WORK INSTRUCTIONS
Show every line of the data that includes the word "FindsAfter".

Saved entries:
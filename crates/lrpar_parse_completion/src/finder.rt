//! Tokens that finish a stack of any table all of whose stacks can be completed.
ghost use Rattle.std.specs.Prelude.{◌≡◌, ◌<◌, ◌↔◌, [], IfOk, IfSome, IsTrue, OnOk, length};
ghost use Rattle.lrpar_table_rows.specs.PlainRows.{plain_action};
ghost use Rattle.lrpar_table_rows.specs.Table.{Accepts};

use crate::cheapest::cheapest_completion;
use crate::completer::Completer;
use lrpar_grammar::span::{StIdx, StorageIndex, TIdx};
use lrpar_table_check::check::ParserData;
use lrpar_table_rows::table::Action;
use lrpar_table_sentences::shortest::Shortest;
use std::alloc::{AllocError, Global};

/// Tokens, and the stack to which they lead.
pub(crate) struct Reached<StorageT: StorageIndex> {
    tokens: Vec<TIdx<StorageT>>,
    stack: Vec<StIdx<StorageT>>,
}

impl<StorageT: StorageIndex> Drop for Reached<StorageT> {
    fn drop(self) {
        let Reached { tokens, stack } = self;
        drop(tokens);
        drop(stack);
    }
}

/// A table all of whose stacks can be completed, and the minimal sentences of its grammar's rules.
#[derive(Drop)]
pub(crate) struct Finder<'a, StorageT: StorageIndex> {
    pub(crate) checked: &'a ParserData<StorageT>,
    pub(crate) shortest: &'a Shortest<StorageT>,
}

impl<'a, StorageT: StorageIndex> Finder<'a, StorageT> {
    ghost use Rattle.lrpar_parse_completion.specs.FinderView.{AcceptsStates, AddsNext, AddsNextAt, AllCanFinish, AreStacksOf, FindsAfter, FindsBy, FindsFinish, HasShortest, HasStackOf, HasStates, InsertsOne};

    /// Tokens that finish the stack, bottom first. They are those of its cheapest completion, or else those of the completion that the
    /// grammar's minimal sentences make, if these are right. If conflicts that were resolved lead both astray, stacks are searched that are
    /// reached by one token, by two, and so on, up to the first that accepts, or from which such a completion is right.
    pub(crate) fn find(
        &self,
        alloc: Global,
        stack: &[StIdx<StorageT>],
    ) -> Result<Vec<TIdx<StorageT>>, AllocError>
        requires shortest { HasShortest self.now }
        requires all { AllCanFinish self.now }
        requires stack { HasStates StorageT.index self.now stack.now }
        ensures { IfOk result (λ tokens. FindsFinish StorageT.index self.now stack.now tokens.items) }
    {
        // A checked table has the grammar's tokens.
        let _lemma = self.checked.stable().tokens_len();
        let first = begin(alloc, stack)?;
        let mut found = Vec::new(alloc);
        found.push(first)?;
        let mut place = 0;
        'stacks: while place < found.len() {
            if let Some(tokens) = self.finish(alloc, &found[place])? {
                return Ok(tokens);
            }
            self.add_next(alloc, &mut found, place)?;
            place += 1;
        }
        unreachable!()
    }

    // The tokens that lead to the stack, with those that finish it: none, if it accepts; or those of a completion of it that is right.
    fn finish(
        &self,
        alloc: Global,
        reached: &Reached<StorageT>,
    ) -> Result<Option<Vec<TIdx<StorageT>>>, AllocError>
        requires shortest { HasShortest self.now }
        requires stack { HasStackOf StorageT.index self.now reached.now }
        ensures { IfOk result (FindsAfter StorageT.index self.now reached.now) }
    {
        if self.accepts(alloc, &reached.stack)? {
            let tokens = Vec::from_slice(alloc, &reached.tokens)?;
            return Ok(Some(tokens));
        }
        if let Some(found) = self.finish_cheaply(alloc, reached)? {
            return Ok(Some(found));
        }
        let completer = Completer {
            data: self.checked,
            shortest: self.shortest,
        };
        match completer.completion(alloc, &reached.stack)? {
            Some(more) => self.finish_by(alloc, reached, &more),
            None => Ok(None),
        }
    }

    // The tokens that lead to the stack, with those of its cheapest completion, if that is right.
    fn finish_cheaply(
        &self,
        alloc: Global,
        reached: &Reached<StorageT>,
    ) -> Result<Option<Vec<TIdx<StorageT>>>, AllocError>
        requires shortest { HasShortest self.now }
        requires stack { HasStackOf StorageT.index self.now reached.now }
        ensures { IfOk result (λ found. IfSome found (FindsBy StorageT.index self.now reached.now)) }
    {
        match cheapest_completion(alloc, self, &reached.stack)? {
            Some(more) => self.finish_by(alloc, reached, &more),
            None => Ok(None),
        }
    }

    // The tokens that lead to the stack, with these, if these finish it.
    fn finish_by(
        &self,
        alloc: Global,
        reached: &Reached<StorageT>,
        more: &[TIdx<StorageT>],
    ) -> Result<Option<Vec<TIdx<StorageT>>>, AllocError>
        requires stack { HasStackOf StorageT.index self.now reached.now }
        ensures { IfOk result (λ found. IfSome found (FindsBy StorageT.index self.now reached.now)) }
    {
        let mut stack = Vec::from_slice(alloc, &reached.stack)?;
        let mut tokens = Vec::from_slice(alloc, &reached.tokens)?;
        'more: for token in more {
            if !self.feed(&mut stack, *token)? {
                return Ok(None);
            }
            tokens.push(*token)?;
        }
        if self.accepts(alloc, &stack)? {
            Ok(Some(tokens))
        } else {
            Ok(None)
        }
    }

    // Adds the stacks to which a token leads from the one at the place.
    fn add_next(
        &self,
        alloc: Global,
        found: &mut Vec<Reached<StorageT>>,
        place: usize,
    ) -> Result<(), AllocError>
        requires place { place < length found.old.items }
        requires stacks { AreStacksOf StorageT.index self.now found.old.items }
        ensures { OnOk result (AddsNext StorageT.index self.now place found.old found.new) }
    {
        for number in 0..self.checked.stable().tokens_len() {
            let token = TIdx(StorageT::from_index(number).unwrap());
            self.add_next_at(alloc, found, place, token)?;
        }
        Ok(())
    }

    // Adds the stack to which the token leads from the one at the place, if it does.
    fn add_next_at(
        &self,
        alloc: Global,
        found: &mut Vec<Reached<StorageT>>,
        place: usize,
        token: TIdx<StorageT>,
    ) -> Result<(), AllocError>
        requires place { place < length found.old.items }
        requires stacks { AreStacksOf StorageT.index self.now found.old.items }
        ensures { OnOk result (AddsNextAt StorageT.index self.now place token found.old found.new) }
    {
        let from = &found[place];
        let mut stack = Vec::from_slice(alloc, &from.stack)?;
        if !self.feed(&mut stack, token)? {
            return Ok(());
        }
        let mut tokens = Vec::from_slice(alloc, &from.tokens)?;
        tokens.push(token)?;
        found.push(Reached { tokens, stack })?;
        Ok(())
    }

    // Feeds the token, if it is one of the grammar other than the end token; returns whether it was fed.
    fn feed(
        &self,
        stack: &mut Vec<StIdx<StorageT>>,
        token: TIdx<StorageT>,
    ) -> Result<bool, AllocError>
        requires { HasStates StorageT.index self.now stack.old.items }
        ensures fed { IfOk result (InsertsOne StorageT.index self.now token stack.old stack.new) }
        ensures stack { HasStates StorageT.index self.now stack.new.items }
    {
        // A checked table has the grammar's tokens.
        let _lemma = self.checked.stable();
        if usize::from(token) >= usize::from(self.checked.grm().eof_token_idx()) {
            return Ok(false);
        }
        self.checked.feed(stack, token)
    }

    // Whether the stack accepts at the end token.
    fn accepts(&self, alloc: Global, stack: &[StIdx<StorageT>]) -> Result<bool, AllocError>
        requires { HasStates StorageT.index self.now stack.now }
        ensures { IfOk result (λ accepts. IsTrue accepts ↔ AcceptsStates StorageT.index self.now stack.now) }
    {
        // A checked table has the grammar's end token.
        let _lemma = self.checked.stable();
        let end = self.checked.grm().eof_token_idx();
        let mut copy = Vec::from_slice(alloc, stack)?;
        let settled = self.checked.settle_on(&mut copy, end)?;
        Ok(is_accept(settled.action))
    }
}

// Whether the action is to accept.
fn is_accept<StorageT: StorageIndex>(action: Action<StorageT>) -> bool
    ensures { IsTrue result ↔ (plain_action StorageT.index action ≡ Accepts) }
{
    match action {
        Action::Accept => true,
        Action::Shift(_) | Action::Reduce(_) | Action::Error => false,
    }
}

// The stack, to which no tokens lead.
fn begin<StorageT: StorageIndex>(
    alloc: Global,
    stack: &[StIdx<StorageT>],
) -> Result<Reached<StorageT>, AllocError>
    ensures { IfOk result (λ reached. (reached.tokens.items ≡ []) × (reached.stack.items ≡ stack.now)) }
{
    let stack = Vec::from_slice(alloc, stack)?;
    Ok(Reached {
        tokens: Vec::new(alloc),
        stack,
    })
}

TASK ANSWER
    ghost use Rattle.lrpar_parse_completion.specs.FinderView.{AcceptsStates, AddsNext, AddsNextAt, AllCanFinish, AreStacksOf, FindsAfter, FindsBy, FindsFinish, HasShortest, HasStackOf, HasStates, InsertsOne};
        ensures { IfOk result (FindsAfter StorageT.index self.now reached.now) }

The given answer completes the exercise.